Note how many lines in the entries below contain the string "NoSuchImage", and answer with that number and no other text.

Top of RECORDS SUPPLIED

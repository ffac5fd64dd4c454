// `startswith` and `endswith`.
ghost use Rattle.std.specs.Prelude.{◌≡◌, Ok, Err, IfOk};
ghost use Rattle.std.specs.Str.{chars};
ghost use Rattle.tx_base.specs.declared.class.Class.{Class};
ghost use Rattle.tx_values.specs.declared.value.Value.{out-Value};
ghost use Rattle.tx_text.specs.Text.{begins};
ghost use Rattle.tx_methods.specs.TextMethods.{ends, fit_of, fits_in, some_fits};
ghost use Rattle.tx_methods.specs.Calls.{stands};

use crate::arguments::{a_text, only};
use tx_base::Class;
use tx_text::{NoMemory, PyText, first_char};
use tx_values::{OpError, Value};

// Whether a text begins with a part.
fn begins(text: &str, part: &str) -> bool
    ensures { result ≡ begins (chars part.now) (chars text.now) }
{
    let mut rest = text;
    let mut left = part;
    'characters: while let Some((due, more)) = first_char(left) {
        let Some((c, behind)) = first_char(rest) else {
            return false;
        };
        if c != due {
            return false;
        }
        rest = behind;
        left = more;
    }
    true
}

// Whether a text ends with a part. A long part is copied for that.
fn ends(text: &PyText, part: &PyText) -> Result<bool, NoMemory>
    ensures { IfOk result (λ b. b ≡ ends part.now text.now) }
{
    let length = text.len();
    let each = part.len();
    if each > length {
        return Ok(false);
    }
    let end = text.slice(length - each, length)?;
    Ok(end.equal(part))
}

// Whether a part stands at the front of a text, or at its end.
fn stands(at_end: bool, text: &PyText, part: &PyText) -> Result<bool, NoMemory>
    ensures { IfOk result (λ b. b ≡ stands at_end text.now part.now) }
{
    if at_end {
        return ends(text, part);
    }
    Ok(begins(text.as_str(), part.as_str()))
}

// Whether one of the items of a tuple stands there, gone through from the front.
fn some_stands(at_end: bool, text: &PyText, items: &[Value]) -> Result<bool, OpError>
    ensures value { IfOk result (λ b. some_fits (stands at_end text.now) items.now ≡ Ok b) }
    ensures raise { (c : Class) → result ≡ Err (OpError.Raise c) → some_fits (stands at_end text.now) items.now ≡ Err c }
{
    for item in items {
        if stands(at_end, text, a_text(item)?)? {
            return Ok(true);
        }
    }
    Ok(false)
}

// Whether a text, or one of the texts of a tuple, stands there.
fn fits(at_end: bool, text: &PyText, a: &Value) -> Result<bool, OpError>
    ensures value { IfOk result (λ b. fits_in (stands at_end text.now) (out-Value a.now) ≡ Ok b) }
    ensures raise { (c : Class) → result ≡ Err (OpError.Raise c) → fits_in (stands at_end text.now) (out-Value a.now) ≡ Err c }
{
    match a {
        Value::Text(part) => Ok(stands(at_end, text, part)?),
        Value::Tuple(items) => some_stands(at_end, text, items.as_slice()),
        _ => Err(OpError::Raise(Class::TypeError)),
    }
}

/// `startswith`, and where `at_end` is true `endswith`.
pub(crate) fn fit_of(at_end: bool, text: &PyText, args: &[Value]) -> Result<Value, OpError>
    ensures value { IfOk result (λ v. fit_of (stands at_end text.now) args.now ≡ Ok v) }
    ensures raise { (c : Class) → result ≡ Err (OpError.Raise c) → fit_of (stands at_end text.now) args.now ≡ Err c }
{
    let answer = fits(at_end, text, only(args)?)?;
    Ok(Value::Truth(answer))
}
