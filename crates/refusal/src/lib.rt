// The refusals: why a call cannot do what it is asked. Paper 01 gives each a number.
#![tactic(auto)]

ghost use Rattle.std.specs.Prelude.{◌≡◌};
ghost use Rattle.refusal.specs.Numbers.{number, number_of};

#[derive(Clone, Copy)]
pub enum Refusal {
    // The bytes of a topology end before the tree is complete, or there are none.
    Incomplete,
    // Bytes follow a complete tree.
    Excess,
    TooManyNodes,
    TooManyChildren,
    // A node lies nine steps down.
    TooDeep,
    // A map does not give one image for each source node.
    MapLength,
    // An image past the last target node.
    NoSuchImage,
    // Rule 1 to 4.
    SharedImage,
    RootMoved,
    LeafMoved,
    OrderBroken,
    NoMap,
    NoSuchChild,
    EndsAboveLeaf,
    Full,
    Empty,
    Limit,
    State,
    NoSuchBranch,
    UnknownCommand,
    CutShort,
    OutOfTurn,
    LateFinish,
    Rules,
    NoLeaf,
    PassedNode,
    Degree,
}

impl From<Refusal> for u8 {
    ghost from_gives = { λ r n. n ≡ number r };

    fn from(refusal: Refusal) -> u8 {
        match refusal {
            Refusal::Incomplete => 1,
            Refusal::Excess => 2,
            Refusal::TooManyNodes => 3,
            Refusal::TooManyChildren => 4,
            Refusal::TooDeep => 5,
            Refusal::MapLength => 6,
            Refusal::NoSuchImage => 7,
            Refusal::SharedImage => 8,
            Refusal::RootMoved => 9,
            Refusal::LeafMoved => 10,
            Refusal::OrderBroken => 11,
            Refusal::NoMap => 12,
            Refusal::NoSuchChild => 13,
            Refusal::EndsAboveLeaf => 14,
            Refusal::Full => 15,
            Refusal::Empty => 16,
            Refusal::Limit => 17,
            Refusal::State => 18,
            Refusal::NoSuchBranch => 19,
            Refusal::UnknownCommand => 20,
            Refusal::CutShort => 21,
            Refusal::OutOfTurn => 22,
            Refusal::LateFinish => 23,
            Refusal::Rules => 24,
            Refusal::NoLeaf => 25,
            Refusal::PassedNode => 26,
            Refusal::Degree => 27,
        }
    }
}

// The number of an outcome: its refusal's, or 0.
// It is no `From`: Rust allows one only where one of the two types is of this crate, and neither Result nor u8 is.
pub fn number_of(outcome: Result<(), Refusal>) -> u8
    ensures { result ≡ number_of outcome }
{
    match outcome {
        Ok(()) => 0,
        Err(refusal) => refusal.into(),
    }
}
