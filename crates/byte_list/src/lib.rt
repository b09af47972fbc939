// A list of at most N bytes, held in place. It is `Copy`, as a restricted list and the drawings of a script are; the kit's `ArrayVec` is not.
#![tactic(auto)]

ghost use Rattle.std.specs.Prelude.{◌≡◌, ◌≤◌, [], ◌∷◌, ◌++◌, length, take};

use std::marker::Model;

// The room after the bytes in order is zeros, so that a list is known by these bytes: a type that is `Copy` is known by what a contract sees of it.
#[derive(Clone, Copy)]
pub struct ByteList<const N: usize> {
    bytes: [u8; N],
    count: usize,
}

impl<const N: usize> Model for ByteList<N> {
    ghost use Rattle.std.specs.Prelude.{◌≡◌, ◌-◌, ◌≤◌, ◌++◌, ℕ, length, take, replicate};
    ghost use Rattle.std.proofs.Common.{ap, sym, ◌∙◌, arith, length-take-le};
    ghost use Rattle.byte_list.specs.ByteList.{ByteList as Items};

    ghost Value = { Items };

    ghost view = { λ l. record { items = take l.count l.bytes } };

    ghost invariant = { λ l. (l.count ≤ N) × (length l.bytes ≡ N) × (l.bytes ≡ take l.count l.bytes ++ replicate (N - l.count) 0) };

    ghost inverse = { λ v. record { bytes = v.items ++ replicate (N - length v.items) 0; count = length v.items } };

    ghost inverse_ok = { λ l h i. record {
      bytes = (ap (λ (k : ℕ). take l.count l.bytes ++ replicate (N - k) 0) (length-take-le l.count l.bytes (omega (arith, h.0, h.1))) ∙ sym h.2) i;
      count = length-take-le l.count l.bytes (omega (arith, h.0, h.1)) i;
    } };
}

impl<const N: usize> ByteList<N> {
    // The empty list.
    pub fn new() -> Self
        ensures { result.items ≡ [] }
    {
        ByteList {
            bytes: [0; N],
            count: 0,
        }
    }

    // Adds a byte at the end; a full list stays as it is.
    pub fn add(&mut self, byte: u8)
        ensures { self.new.items ≡ take N (self.old.items ++ byte ∷ []) }
    {
        if self.count < N {
            self.bytes[self.count] = byte;
            self.count += 1;
        }
    }

    // The bytes in order.
    pub fn as_slice(&self) -> &[u8]
        ensures items { result.now ≡ self.now.items }
        ensures fits { length result.now ≤ N }
    {
        &self.bytes[..self.count]
    }
}
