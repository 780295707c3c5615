// What the passes of the blur keep, and what a call leaves whatever it answers: laws, no code.
#![tactic(auto)]
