// The blur on four planes, with the refusals of that on a picture.
#![tactic(auto)]

ghost use Rattle.std.specs.Prelude.{◌≡◌};
ghost use Rattle.picture.specs.Planes.{bytes_of, cleared};
ghost use Rattle.picture.specs.Refusal.{number_of};
ghost use Rattle.picture.specs.Answer.{answered, lent};
ghost use Rattle.planes.specs.Planar.{on_planes};
ghost use Rattle.gaussian_blur.specs.Needs.{BlurReady, BlurAccepted};
ghost use Rattle.gaussian_blur.specs.Outcome.{blurred_or_kept};
ghost use Rattle.plane_blur.specs.Outcome.{blur_planes_outcome};

use passes::Form;
use picture::{EdgeMode, FullSize, Refusal};

// Planes of fewer bytes to a row are converted: line by line they cost more, up to 1.44 of a picture's blur at 16 square and 1.08 at 128, and with
// two decimations 2.44 and 1.32; at 256 square it is 1.03 and 1.07, where converting takes 1.02 and 1.12.
const WIDE: usize = 256;

// Blurs planes as the picture that they are: it is made in the scratch, with the planes' own bytes as its scratch.
fn blur_converted(
    planes: &mut [u8],
    scratch: &mut [u8],
    size: FullSize,
    n: u32,
    weights: &[f32],
    mode: EdgeMode,
    strength: f32,
)
    requires { BlurReady size.w size.h planes.old scratch.old weights.now }
    ensures { planes.new ≡ on_planes size.w size.h (blurred_or_kept mode weights.now n strength size.w size.h) planes.old }
{
    planes::join(planes, scratch, size);
    gaussian_blur::blur_or_keep(scratch, planes, size, n, weights, mode, strength);
    planes::split(scratch, planes, size);
}

// Blurs planes or leaves them as they are: narrow ones as a picture, and others where they lie.
fn apply_blur_planes(
    planes: &mut [u8],
    scratch: &mut [u8],
    size: FullSize,
    n: u32,
    weights: &[f32],
    mode: EdgeMode,
    strength: f32,
)
    requires { BlurReady size.w size.h planes.old scratch.old weights.now }
    ensures { planes.new ≡ on_planes size.w size.h (blurred_or_kept mode weights.now n strength size.w size.h) planes.old }
{
    if size.width() < WIDE {
        blur_converted(planes, scratch, size, n, weights, mode, strength);
    } else {
        let form = Form::PLANES;
        gaussian_blur::blur_form(planes, scratch, size, form, n, weights, mode, strength);
    }
}

// An accepted call: the planes blurred or kept, and the scratch zero where it was used.
fn blur_planes_accepted(
    planes: &mut [u8],
    scratch: &mut [u8],
    size: FullSize,
    n: u32,
    weights: &[f32],
    mode: EdgeMode,
    strength: f32,
)
    requires { BlurAccepted size.w size.h planes.old scratch.old weights.now }
    ensures { lent planes.new scratch.new ≡ lent (on_planes size.w size.h (blurred_or_kept mode weights.now n strength size.w size.h) planes.old) (cleared (bytes_of size.w size.h) scratch.old) }
{
    let k = size.bytes();
    apply_blur_planes(planes, &mut scratch[..k], size, n, weights, mode, strength);
    picture::clear(scratch, k);
}

// Blurs four planes of w by h where nothing is refused.
pub fn blur_planes(
    planes: &mut [u8],
    w: u32,
    h: u32,
    scratch: &mut [u8],
    weights: &[f32],
    n: u32,
    strength: f32,
    edge: u32,
) -> Result<(), Refusal>
    ensures { answered (number_of result) (lent planes.new scratch.new) ≡ blur_planes_outcome planes.old w h scratch.old weights.now n strength edge }
{
    gaussian_blur::check_blur(
        planes.len(),
        w,
        h,
        scratch.len(),
        weights,
        n,
        strength,
        edge,
    )?;
    let size = picture::full_size(w, h);
    let mode = picture::edge_mode(edge);
    blur_planes_accepted(planes, scratch, size, n, weights, mode, strength);
    Ok(())
}
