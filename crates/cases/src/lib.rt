// The worked cases of the rules, shown from the definitions that the contracts cite.
#![tactic(auto)]

ghost use Rattle.cases.specs.Cases.{CasesHold};

// Every case of the list holds.
pub fn cases_hold()
    ensures { CasesHold }
{}
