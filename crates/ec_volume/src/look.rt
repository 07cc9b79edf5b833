// What shows the images of objects.
ghost use Rattle.std.specs.Prelude.{◌≡◌, true, false, MatchOption, IfSome};
ghost use Rattle.ec_volume.specs.Image.{is_gone};
ghost use Rattle.ec_volume.specs.Volume.{Images};
ghost use Rattle.ec_volume.specs.Held.{is_held};

use crate::image::Image;
use ec_base::ObjId;

/// Shows the images of objects: a volume, or what is held of one.
pub trait Look {
    /// The image of each id; those that aren't live are Gone.
    ghost images: { Self → Images };

    /// The image of a live object.
    fn look(&self, id: ObjId) -> Option<&Image>
        ensures image { MatchOption result (images self.now id ≡ Image.Gone) (λ image. (images self.now id ≡ image.now) × (is_gone image.now ≡ false)) }
        ensures limits { IfSome result (λ image. is_held image.now ≡ true) };
}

Bottom of RECORDS SUPPLIED

*SOLUTION TO THIS TASK*:
2